Somos humanos, mas nem sequer “indivíduos”. Somos compostos por conjuntos heterogêneos de outros organismos. Menos da metade de nossas células são humanas, o restante são microrganismos não humanos, e estamos em constante troca. Elementos de nosso “eu” se misturam com outros de nosso entorno, do ar que respiramos às coisas que tocamos, comemos, bebemos e percebemos. Somos ecológicos. O “pensamento ecológico” é reconhecer e começar a agir sobre esta realidade.
Como espécie, o que deveríamos aprender da inteligência não humana?

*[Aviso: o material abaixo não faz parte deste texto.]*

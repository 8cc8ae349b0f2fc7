// The permutation, the block operations and sealing: each call forwards, and hands on its answer's number.
// The two of a pair stay apart: each has its name in C.
ghost use Rattle.std.specs.Prelude.{◌≡◌};
ghost use Rattle.pi.specs.Table.{S};
ghost use Rattle.pi.specs.Permutation.{round, round⁻, π, π⁻, Permuted, Rounded};
ghost use Rattle.sponge.specs.Blink.{get, enc, dec, Put, Ran};
ghost use Rattle.aead.specs.Sealing.{Sealed, Opened};

use super::number_of;

// ---- The permutation.
#[unsafe(no_mangle)]
pub extern "C" fn nb_permute(state: &mut [u8]) -> u8
    ensures { Permuted π state.old result state.new }
{
    number_of(permutation::permute(state))
}

#[unsafe(no_mangle)]
pub extern "C" fn nb_permute_back(state: &mut [u8]) -> u8
    ensures { Permuted π⁻ state.old result state.new }
{
    number_of(permutation::permute_back(state))
}

#[unsafe(no_mangle)]
pub extern "C" fn nb_round(state: &mut [u8], key: &[u8]) -> u8
    ensures { Rounded round key.now state.old result state.new }
{
    number_of(permutation::round(state, key))
}

#[unsafe(no_mangle)]
pub extern "C" fn nb_round_back(state: &mut [u8], key: &[u8]) -> u8
    ensures { Rounded round⁻ key.now state.old result state.new }
{
    number_of(permutation::round_back(state, key))
}

#[unsafe(no_mangle)]
pub extern "C" fn nb_minibox(x: u8) -> u8
    ensures { result ≡ S x }
{
    permutation::minibox(x)
}

// ---- The block operations.
#[unsafe(no_mangle)]
pub extern "C" fn nb_put(state: &mut [u8], bytes: &[u8], domain: u8) -> u8
    ensures { Put domain bytes.now state.old result state.new }
{
    number_of(sponge::put(state, bytes, domain))
}

#[unsafe(no_mangle)]
pub extern "C" fn nb_get(state: &mut [u8], out: &mut [u8], domain: u8) -> u8
    ensures { Ran get domain out.old state.old out.old
        result state.new out.new }
{
    number_of(sponge::get(state, out, domain))
}

#[unsafe(no_mangle)]
pub extern "C" fn nb_enc(state: &mut [u8], message: &[u8], out: &mut [u8], domain: u8) -> u8
    ensures { Ran enc domain message.now state.old out.old
        result state.new out.new }
{
    number_of(sponge::enc(state, message, out, domain))
}

#[unsafe(no_mangle)]
pub extern "C" fn nb_dec(state: &mut [u8], cipher: &[u8], out: &mut [u8], domain: u8) -> u8
    ensures { Ran dec domain cipher.now state.old out.old
        result state.new out.new }
{
    number_of(sponge::dec(state, cipher, out, domain))
}

// ---- Sealing.
#[unsafe(no_mangle)]
pub extern "C" fn nb_seal(
    key: &[u8],
    nonce: &[u8],
    associated: &[u8],
    message: &[u8],
    out: &mut [u8],
) -> u8
    ensures { Sealed key.now nonce.now associated.now message.now
        out.old result out.new }
{
    number_of(aead::seal(key, nonce, associated, message, out))
}

#[unsafe(no_mangle)]
pub extern "C" fn nb_open(
    key: &[u8],
    nonce: &[u8],
    associated: &[u8],
    sealed: &[u8],
    out: &mut [u8],
) -> u8
    ensures { Opened key.now nonce.now associated.now sealed.now
        out.old result out.new }
{
    number_of(aead::open(key, nonce, associated, sealed, out))
}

Temos muito a aprender de outros não humanos, mas a primeira coisa que podemos perceber é que existem muitas maneiras de “fazer” inteligência, que a inteligência em si não é um substantivo, mas um verbo. É ativa, infinitamente variável e relacional, ou seja, é algo que fazemos com os outros. A inteligência surge das relações, de nossas interações com outros seres e a totalidade de nossos mundos, daquilo que todos fazemos de forma diferente, incluindo os não humanos.
Tudo vem evoluindo ao longo do mesmo período de tempo, por isso não existe inteligência superior ou inferior, apenas diferentes formas de estar no mundo. Contudo, alguns usos da inteligência são mais destrutivos ou criativos quando se trata de florescimento mútuo. Essas formas destrutivas de inteligência são o que eu chamaria de estupidez, não menos inteligentes, mas opostas à cooperação e a regeneração, e as formas de vida que as colocam em prática tendem a não sobreviver por muito tempo.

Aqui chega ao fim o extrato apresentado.